#### AVAILABLE DATA ####
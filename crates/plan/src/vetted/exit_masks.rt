// What a record's outcome tells of the asked term's: its mask. Each function asks what the check has shown before. Codes: same
// 0, first better 1, second better 2, unranked 3.
ghost use Rattle.std.specs.Prelude.{◌≡◌, ◌<◌};
ghost use Rattle.plan.specs.Told.{is_nothing, wholly_code, told_code, turned_mask, part_mask, own_mask};
ghost use Rattle.plan.specs.Told.{mask_number, told_by_number, turned_number, part_number, own_number};

use terms::codes::turned_code;

// Nothing; or that the bits of its code are among those of the asked term's; or that they are so with first and second better
// exchanged; or, `All` and `TurnedAll`, the same, and if the code is not same, that the asked term's has no others.
#[derive(Clone, Copy, PartialEq, Eq)]
pub enum Exit {
    Nothing,
    Bits,
    TurnedBits,
    All,
    TurnedAll,
}

impl Exit {
    pub fn is_nothing(self) -> bool
        ensures { result ≡ is_nothing self }
    {
        matches!(self, Exit::Nothing)
    }

    // What a record of this mask and code c tells: bits that the asked term's code has; 4 more where these are all.
    // Always inlined, and three short choices, not one of five: each meeting of two rows calls it for each record. Most
    // records tell nothing, which is asked first.
    #[inline(always)]
    #[tactic(auto, using(crate::proofs::Bits::turned_low), unfolding(crate::specs::Told::told_code))]
    pub fn told(self, c: u8) -> u8
        requires { c < 4 }
        ensures { result ≡ told_code self c }
    {
        if matches!(self, Exit::Nothing) {
            return 0;
        }
        let code = match self {
            Exit::TurnedBits | Exit::TurnedAll => turned_code(c),
            _ => c,
        };
        match self {
            Exit::All | Exit::TurnedAll => wholly(code),
            _ => code,
        }
    }

    // The mask of a DUAL's part.
    pub fn turned(self) -> Exit
        ensures { result ≡ turned_mask self }
    {
        match self {
            Exit::Nothing => Exit::Nothing,
            Exit::Bits => Exit::TurnedBits,
            Exit::TurnedBits => Exit::Bits,
            Exit::All => Exit::TurnedAll,
            Exit::TurnedAll => Exit::All,
        }
    }

    // The mask of a part of a PARETO or BOTH,
    pub fn part(self) -> Exit
        ensures { result ≡ part_mask self }
    {
        match self {
            Exit::All => Exit::Bits,
            Exit::TurnedAll => Exit::TurnedBits,
            _ => self,
        }
    }

    // and what is left to the PARETO or BOTH itself.
    pub fn own(self) -> Exit
        ensures { result ≡ own_mask self }
    {
        match self {
            Exit::Bits | Exit::TurnedBits => Exit::Nothing,
            _ => self,
        }
    }

    // The number that stands for it where a mask is a byte.
    pub fn number(self) -> u8
        ensures { result ≡ mask_number self }
    {
        match self {
            Exit::Nothing => 0,
            Exit::Bits => 1,
            Exit::TurnedBits => 2,
            Exit::All => 5,
            Exit::TurnedAll => 6,
        }
    }
}

// ---- the same of a mask that is a byte, by its number (`Exit::number`); other bytes tell nothing
// As it is: numbers, though `Exit` is plainer: what may not change, since each of these four is promised of any number.

#[tactic(auto, using(crate::proofs::Bits::turned_low), unfolding(crate::specs::Told::told_by_number))]
pub fn told(m: u8, c: u8) -> u8
    requires { c < 4 }
    ensures { result ≡ told_by_number m c }
{
    match m {
        1 => c,
        2 => turned_code(c),
        5 => wholly(c),
        6 => wholly(turned_code(c)),
        _ => 0,
    }
}

#[tactic(auto, unfolding(crate::specs::Told::turned_number))]
pub fn turned_mask(m: u8) -> u8
    ensures { result ≡ turned_number m }
{
    match m {
        1 => 2,
        2 => 1,
        5 => 6,
        6 => 5,
        _ => 0,
    }
}

#[tactic(auto, unfolding(crate::specs::Told::part_number))]
pub fn part_mask(m: u8) -> u8
    ensures { result ≡ part_number m }
{
    match m {
        5 => 1,
        6 => 2,
        other => other,
    }
}

#[tactic(auto, unfolding(crate::specs::Told::own_number))]
pub fn own_mask(m: u8) -> u8
    ensures { result ≡ own_number m }
{
    if m < 4 { 0 } else { m }
}

fn wholly(c: u8) -> u8
    requires { c < 4 }
    ensures { result ≡ wholly_code c }
{
    if c == 0 { 0 } else { c + 4 }
}
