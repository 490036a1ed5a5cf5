// Loops over the 64 lanes of a block, for the engine by parts. A code is same 0, first better 1, second better 2, unranked 3.
// The 64 codes of a row and a wish are the wish's answer for that row, cut to the block: the lanes with 2 are the rows that
// are better (the report's "better than" set, Definition 17b), those with 1 the worse ones, and those with 0 the equal ones.
#![tactic(auto)]

mod each_lane;
pub mod vetted;
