// What each record up to the asked term does, in steps that the comparison of two rows reads at once (SPECIFICATION, "When a
// row is better"). Each function asks what was prepared before.
ghost use Rattle.std.specs.Prelude.{◌≡◌, ◌<◌};
ghost use Rattle.plan.specs.Ops.{Ops, base_op, pair_op, step_of};

use model::{BaseTerm, CompoundTerm, Pair, Record};
use terms::vetted::run::Numbered;

// What is done for a record: a base term goes by rank, or by the places of its edges (EXPLICIT); PARETO and BOTH join the codes
// of their parts.
#[derive(Clone, Copy, PartialEq, Eq)]
pub enum Op {
    ByRank,
    Places,
    Join,
    Prior,
    Dual,
}

// `left` is the column of a base term, the left or only part of a compound; `right` is the right part.
#[derive(Clone, Copy)]
pub struct Step {
    pub op: Op,
    pub left: u8,
    pub right: u8,
}

// The steps of the records up to the term.
pub fn ops(of: &Numbered, term: u8) -> [Step; 128]
    requires few { term < 128 }
    ensures { Ops of.now.table.now term result }
{
    let mut steps = [step_of(Record::Unknown); 128];
    for k in 0..term + 1 {
        steps[k as usize] = step_of(of.record(k));
    }
    steps
}

fn step_of(r: Record) -> Step
    ensures { result ≡ step_of r }
{
    match r {
        Record::Base(column, b) => Step {
            op: base_op(b),
            left: column,
            right: 0,
        },
        Record::Compound(CompoundTerm::Joined(op, p, q)) => Step {
            op: pair_op(op),
            left: p,
            right: q,
        },
        Record::Compound(CompoundTerm::Dual(p)) => Step {
            op: Op::Dual,
            left: p,
            right: 0,
        },
        Record::Value(_) | Record::Unknown => Step {
            op: Op::ByRank,
            left: 0,
            right: 0,
        },
    }
}

fn base_op(b: BaseTerm) -> Op
    ensures { result ≡ base_op b }
{
    match b {
        BaseTerm::Explicit => Op::Places,
        _ => Op::ByRank,
    }
}

fn pair_op(op: Pair) -> Op
    ensures { result ≡ pair_op op }
{
    match op {
        Pair::Pareto | Pair::Both => Op::Join,
        Pair::Prior => Op::Prior,
    }
}
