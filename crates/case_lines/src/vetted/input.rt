// The cases on a program's standard input: bytes, in lines.
ghost use Rattle.std.specs.Prelude.{◌≡◌, ◌+◌, ◌<◌, ◌≤◌, length};
ghost use Rattle.std.specs.Io.{ReadsAtMost};

use std::io;
use std::io::Read;

// Runs the cases, of as much of the input as the buffer holds. Of each it says the words, which a colon ends, then what
// `answer` says of the rest of the line.
pub fn each_case<R: Print + Input, F: Fn(&[u8]) -> io::Result<()>>(
    rt: &R,
    buffer: &mut [u8],
    answer: F,
) -> io::Result<()>
    requires { F.IsAlwaysCallable answer }
{
    let n = read_full(&mut rt.reader(), buffer)?;
    let mut text = &buffer[..n];
    while !text.is_empty() {
        let (words, rest) = parted(text, b':');
        rt.write_all(words)?;
        print!(rt; ": ")?;
        let (line, others) = parted(rest, b'\n');
        answer(line)?;
        println!(rt)?;
        text = others;
    }
    Ok(())
}

// Reads until the buffer is full or the input ends. Returns how many bytes were read.
pub fn read_full<R: Read>(input: &mut R, buf: &mut [u8]) -> io::Result<usize>
    ensures { ReadsAtMost result buf.new }
{
    let mut n = 0;
    // As it is: no range gives the next place, since each read says how far it came. Pick reads its files by such a loop too:
    // one for both is no plainer, since that one says on standard error what failed.
    while n < buf.len() {
        let more = input.read(&mut buf[n..])?;
        if more == 0 {
            break;
        }
        n += more;
    }
    Ok(n)
}

// What stands before the first such byte, and what stands after it: all and nothing where there is none.
pub fn parted(text: &[u8], end: u8) -> (&[u8], &[u8])
    ensures within { length result.1.now ≤ length text.now }
    ensures shorter { 0 < length text.now → length result.1.now < length text.now }
{
    match text.iter().position(|b| *b == end) {
        Some(i) => (&text[..i], &text[i + 1..]),
        None => (text, &[]),
    }
}
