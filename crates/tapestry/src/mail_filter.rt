//! The mail filter as a session over a store.
use file_session::StoreProgram;
use keeper_core::Keeper;
use peer_edges::Peer;
use std::alloc::Global;
use std::sync::ledger::Ledger;
use tap_base::{HashKey, Steps, Texts};
use tap_edges::Sink;
use tap_top::tapestry;

/// The mail filter: performs a script or a sample over the store that the words name.
pub struct MailFilter;

impl StoreProgram for MailFilter {
    ghost use Rattle.tap_top.specs.Conclusions.{RunEnds, RunEndsOver};
    ghost use Rattle.command_words.specs.Words.{path_in};

    ghost ends = { λ words status left left' out out' reads reads' puts puts'.
        RunEnds words status left left' out out' reads reads' puts puts' };

    ghost ends_over = { λ words status left left' out out' asked asked' tables versions versions'
        tells leaves.
        RunEndsOver words status left left' out out' asked asked' tables versions versions' tells
        leaves };

    ghost path = { λ words. path_in words };

    fn hold<I: Peer<K>, K: Sink, P: Keeper, L: Ledger>(
        alloc: Global,
        key: HashKey,
        words: &Texts,
        source: &mut I,
        sink: &mut K,
        keeper: &mut P,
        steps: &mut Steps<L>,
    ) -> u8 {
        tapestry(alloc, key, words, source, sink, keeper, steps)
    }
}
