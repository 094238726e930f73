//! The mail filter over a store: reads a script from standard input, and writes its replies.
#![tactic(auto)]

mod mail_filter;

use command_words::{WordsFault, words_of_line};
use file_session::run_session;
use mail_filter::MailFilter;
use sqlite::Unknown;
use std::marker::Brand;
use std::process::ExitCode;
use std::sync::ledger::Blank;
use tap_edges::{StdSink, StdSource};

fn main(rt: HostRuntime) -> ExitCode {
    let words = match words_of_line(&rt, rt.alloc()) {
        Ok(words) => words,
        Err(WordsFault::NotText) => return ExitCode::from(2),
        Err(WordsFault::Memory) => return ExitCode::from(7),
    };
    let mut source = StdSource::new(rt.stdin());
    let mut sink = StdSink::new(rt.stdout());
    let (status, closed) = run_session::<MailFilter, _, _, _, Brand>(
        &rt,
        &words,
        &mut source,
        &mut sink,
        Unknown,
        Blank::new(1),
    );
    // A close that fails loses no committed row, and changes no status.
    drop(closed);
    ExitCode::from(status)
}
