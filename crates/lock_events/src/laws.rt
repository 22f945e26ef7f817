//! What the steps mean. Each law is the contract of a function with an empty body.
ghost use Rattle.lock_events.specs.Runs.{EveryWaitIsReached};
ghost use Rattle.lock_events.specs.Mutexes.{WaitsHandOverTheMutex};

/// Takes a new condition variable and any acts of any number of calls, in any order, one atomic step at a time.
///
/// A wait registers before it releases its mutex, or it does not sleep. A notification that begins later has yet to end the
/// epoch of the wait, or the epoch has ended before the notification wakes or ends. So while the wait sleeps in the present
/// epoch, no such notification has ended. A notification of one makes no wake-up only if each counted wait is claimed, and
/// claims one more wait at most. A wait that ends takes a claim away.
pub fn every_wait_is_reached()
    ensures { EveryWaitIsReached }
{}

/// Whatever the actions of a wait are answered, it sleeps without its mutex and ends with it. It releases the mutex only while
/// it holds it, and acquires it only while it does not.
pub fn waits_hand_over_the_mutex()
    ensures { WaitsHandOverTheMutex }
{}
####
- WHAT YOU ARE ASKED TO DO: Above are the records. How many of their lines hold "using"? Answer with the number alone.

- TASK ANSWER: 2